終わりの始まり⑤

 数日前、園長が分厚い茶封筒を持って溜息をついていたのだ。聞けば、ここ最近、匿名の寄付が送られて来るらしい。あれはこの人達の仕業だったのか。かなりの金額が入っているらしく、お礼くらいは言いたいのと園長は困惑た顔で言っていたのだ。


「あのさ、ロニー。どんな理由でも人のお金を取るなんて、ダメだよ。そんなお金をもらっても園長は喜ばないと思う」


 あたしはみんなの顔を見回して続けた。


「やっぱり間違っていますよ、みなさんは正義のヒーローにでもなったつもりですか?」


 良いか悪いかって言ったら盗みなんて悪いに決まっている。以前、クラスメイトの財布がなくなった時、真っ先にあたしが疑われた。理由は分かっている。孤児だから。あたしは絶対に人の物は盗まないと心に決めていたし、ルクレール園の子供達にも盗みは絶対ダメだと言い聞かせている。

 クラスメイトの財布も結局は勘違いだったが、クラスの誰もあたしに謝らなかった。あの時は本当に悔しくて腹が立った。

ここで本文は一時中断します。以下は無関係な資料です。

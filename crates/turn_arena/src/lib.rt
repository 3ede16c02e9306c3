//! Values as trees of borrowed nodes, whose parts lie in the arena of one turn.
//!
//! A layer above may rely on this: a `Node` shows the value that `specs/NodeValue.antt` gives of it; reading
//! answers a tree exactly where something spells the bytes, and the names of each of its maps ascend
//! strictly; the tree operations copy nodes and no tree; writing gives the spelling of the value.
//! What spells a value is in `request_codec`.
#![tactic(auto)]

mod fault;
mod fields;
mod formed;
mod node;
mod node_builder;
mod node_reader;
mod node_shown;
mod numbers;
mod passing;
mod reading;
mod setting;
mod trees;
mod writing;

pub use fault::ArenaFault;
pub use fields::{drop_in, put_in};
pub use formed::{formed_call_in, formed_in};
pub use node::{Field, Node};
pub use numbers::number_asked;
pub use reading::{decode_in, node_in};
pub use setting::put_spelled;
pub use trees::{bytes_in, list_in, map_in, text_in};
pub use writing::{encode_call, encode_formed, encode_node};
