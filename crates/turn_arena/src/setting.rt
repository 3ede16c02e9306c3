//! Setting one field of a state that is a map, by its bytes: the fields before it and after it keep their bytes.

ghost use Rattle.std.specs.Prelude.{◌≡◌, ◌≤◌, ◌∷◌, ◌++◌, ◌-◌, Some, None, IfOk};
ghost use Rattle.std.specs.Prelude.{option_map, length, take, nat_lt, if◌then◌else◌};
ghost use Rattle.std.specs.Int.{w32, to_be_bytes};
ghost use Rattle.request_codec.specs.Answers.{spelled_length};
ghost use Rattle.request_codec.specs.Formed.{IsFormed};
ghost use Rattle.request_codec.specs.Limits.{depth_limit, state_limit};
ghost use Rattle.request_codec.specs.Spelling.{SpellFields};
ghost use Rattle.request_codec.specs.Tree.{depth, fields_count, fields_depth};
ghost use Rattle.request_codec.specs.Written.{WritesAll, text_spelling, spelling};
ghost use Rattle.turn_arena.specs.Fields.{fields_in, value_put};
ghost use Rattle.turn_arena.specs.NodeValue.{node_value};
ghost use Rattle.turn_arena.specs.inside.Places.{IsPlaceIn, behind_map};

use crate::formed::known_text;
use crate::node::Node;
use crate::node_shown::ShownNode;
use crate::passing::known_end;
use request_codec::bytes::{Start, put, put_start, put_text, put_value, u32_of};
use request_codec::limits::{MAX_DEPTH, MAX_STATE_BYTES};
use request_codec::{CodecFault, StateBytes};
use std::alloc::{AllocError, Global};
use std::cmp::Ordering;

/// Where the field of a name stands in a map, or would.
#[derive(Clone, Copy)]
struct Place<'a> {
    /// The bytes of the fields in front of it.
    front: &'a [u8],
    /// The bytes of the fields after it.
    behind: &'a [u8],
    /// How many fields the map has once the name is set.
    count: u32,
}

/// The bytes after the first byte of a map.
fn behind_map(bytes: &[u8]) -> Option<&[u8]>
    ensures { option_map (λ behind. behind.now) result ≡ behind_map bytes.now }
{
    match bytes {
        [6, behind @ ..] => Some(behind),
        _ => None,
    }
}

/// How many fields a state has, and their bytes. A state that is no map has none.
fn fields_of(state: &StateBytes) -> (u32, &[u8])
    ensures count { result.0 ≡ fields_count (fields_in state.now) }
    ensures few { result.0 ≤ state_limit }
    ensures spelled { SpellFields (fields_in state.now) result.1.now }
    ensures shallow { fields_depth (fields_in state.now) ≤ 31 }
{
    let Some(behind) = behind_map(state.bytes()) else {
        return (0, &[]);
    };
    let Some((count, fields)) = u32_of(behind) else {
        unreachable!();
    };
    (count, fields)
}

/// The bytes in front of those that are left.
fn front_of<'a>(bytes: &'a [u8], left: &[u8]) -> &'a [u8]
    requires { length left.now ≤ length bytes.now }
    ensures { result.now ≡ take (length bytes.now - length left.now) bytes.now }
{
    &bytes[..bytes.len() - left.len()]
}

/// Where the field of the name stands in a state, or would.
fn place_of<'a>(state: &'a StateBytes, name: &str) -> Place<'a>
    ensures { IsPlaceIn name.now (fields_in state.now) result }
{
    let (count, fields) = fields_of(state);
    let mut left = fields;
    'fields: for _ in 0..count {
        let Some((other, value)) = known_text(left) else {
            unreachable!();
        };
        let after = known_end(value, MAX_DEPTH - 1);
        let front = front_of(fields, left);
        match name.cmp(other) {
            Ordering::Less => return Place {
                front,
                behind: left,
                count: count + 1,
            },
            Ordering::Equal => return Place {
                front,
                behind: after,
                count,
            },
            Ordering::Greater => left = after,
        }
    }
    Place {
        front: fields,
        behind: left,
        count: count + 1,
    }
}

/// The bytes of a map with the field of the name at its place. There is room for `room` bytes at once.
fn joined(
    alloc: Global,
    room: usize,
    place: Place<'_>,
    name: &str,
    value: Node<'_>,
) -> Result<Vec<u8>, CodecFault>
    ensures { WritesAll state_limit result (6 ∷ (to_be_bytes w32 place.entry.count
        ++ (place.entry.front.now ++ (text_spelling name.now ++ (spelling (node_value value.entry) ++ place.entry.behind.now))))) }
{
    let mut out = Vec::with_capacity(alloc, room)?;
    put_start(&mut out, MAX_STATE_BYTES, Start::Map(place.count))?;
    put(&mut out, MAX_STATE_BYTES, place.front)?;
    put_text(&mut out, MAX_STATE_BYTES, name)?;
    put_value(&mut out, MAX_STATE_BYTES, ShownNode { node: value })?;
    put(&mut out, MAX_STATE_BYTES, place.behind)?;
    Ok(out)
}

/// The state's map with the field of the name set to the value: in place of the one of that name, else between its
/// neighbours. A state that is no map counts as the empty one. `None` says that it would be longer than a state may be.
/// Only the value is written; the bytes of the other fields are copied as they stand. There is room for `room` bytes at
/// once, and for more when they come. The only error: out of memory.
pub fn put_spelled(
    alloc: Global,
    room: usize,
    state: &StateBytes,
    name: &str,
    value: Node<'_>,
) -> Result<Option<StateBytes>, AllocError>
    requires formed { IsFormed (value_put name.now (node_value value) state.now) }
    requires shallow { depth (value_put name.now (node_value value) state.now) ≤ depth_limit }
    ensures { IfOk result (λ made. made ≡ (if nat_lt state_limit (spelled_length (value_put name.now (node_value value.entry) state.now))
        then None else Some (value_put name.now (node_value value.entry) state.now))) }
{
    let place = place_of(state, name);
    match joined(alloc, room, place, name, value) {
        Ok(bytes) => Ok(Some(StateBytes::from_spelling(bytes)?)),
        Err(CodecFault::TooLong) => Ok(None),
        Err(CodecFault::Memory) => Err(AllocError),
        Err(CodecFault::TooDeep) => unreachable!(),
        Err(CodecFault::NotWhole) => unreachable!(),
        Err(CodecFault::NotHex) => unreachable!(),
        Err(CodecFault::NotAMessage) => unreachable!(),
    }
}
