//! The value that a node shows, level by level.

ghost use Rattle.std.specs.Prelude.{map};
ghost use Rattle.std.specs.Slice.Iter.{iter_rest};
ghost use Rattle.turn_arena.specs.Ascending.{MapsAscend, FieldsAscend};
ghost use Rattle.turn_arena.specs.NodeValue.{node_value, field_value, field_values};

use crate::node::{Field, Node};
use request_codec::{Level, Shown};
use std::slice;

/// A node, for what writes values. Nothing outside names it: an `impl` of `Shown` at `Node` itself would stand in the
/// crate's interface, and with `Shown` all that `request_codec` shows, `serde_json`'s values too. Each crate above would load them.
#[derive(Clone, Copy)]
pub struct ShownNode<'a> {
    pub node: Node<'a>,
}

impl<'a> Shown for ShownNode<'a> {
    type Items = slice::Iter<'a, Node<'a>>;

    type Fields = slice::Iter<'a, Field<'a>>;

    type Field = &'a Field<'a>;

    ghost value = { λ shown. node_value shown.node };

    ghost listed = { λ items. map node_value (iter_rest items) };

    ghost named = { λ fields. map field_value (iter_rest fields) };

    ghost parted = { λ field. field_value field.now };

    ghost kept = { MapsAscend };

    ghost ascend = { λ fields. FieldsAscend (field_values (iter_rest fields)) };

    #[tactic(auto, using(crate::proofs::Levels::node_levels))]
    #[inline(always)]
    fn level(&self) -> Level<'_, slice::Iter<'a, Node<'a>>, slice::Iter<'a, Field<'a>>> {
        match self.node {
            Node::Null => Level::Null,
            Node::Bool(truth) => Level::Bool(truth),
            Node::Int(number) => Level::Int(number),
            Node::Text(text) => Level::Text(text),
            Node::List(nodes) => Level::List(nodes.len(), nodes.iter()),
            Node::Map(fields) => Level::Map(fields.len(), fields.iter()),
            Node::Bytes(bytes) => Level::Bytes(bytes),
        }
    }

    #[inline(always)]
    fn next_item(items: &mut slice::Iter<'a, Node<'a>>) -> Option<ShownNode<'a>> {
        match items.next() {
            Some(node) => Some(ShownNode { node: *node }),
            None => None,
        }
    }

    #[inline(always)]
    fn next_field(fields: &mut slice::Iter<'a, Field<'a>>) -> Option<&'a Field<'a>> {
        match fields.next() {
            Some(field) => Some(field),
            None => None,
        }
    }

    #[inline(always)]
    fn parts<'f>(field: &'f &'a Field<'a>) -> (&'f str, ShownNode<'a>) {
        let Field { name, node } = **field;
        (name, ShownNode { node })
    }
}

「正義のヒーローねぇ。じゃあ聞くが、RAGに虐げられている者は一生このままか? 今の世の中じゃ、一生ここから抜け出せないんだぞ。中学生ならその位、分かるだろ。もしかして世間知らずか? お嬢ちゃん」


 ジャンが小馬鹿にしたようにせせら笑った。あたしはその態度にムッとする。

 この国のトップに立つ人間、政治家、大会社の社長など、ほんの一部の人達を総称して『Rich-Authority-Group』と呼んでいた。あたし達は『RAG』と呼んでいるが、当事者たちはRAG=ぼろきれのイメージがあるらしく、新聞などでは『Rich-Authority-Group』といちいち書かれていた。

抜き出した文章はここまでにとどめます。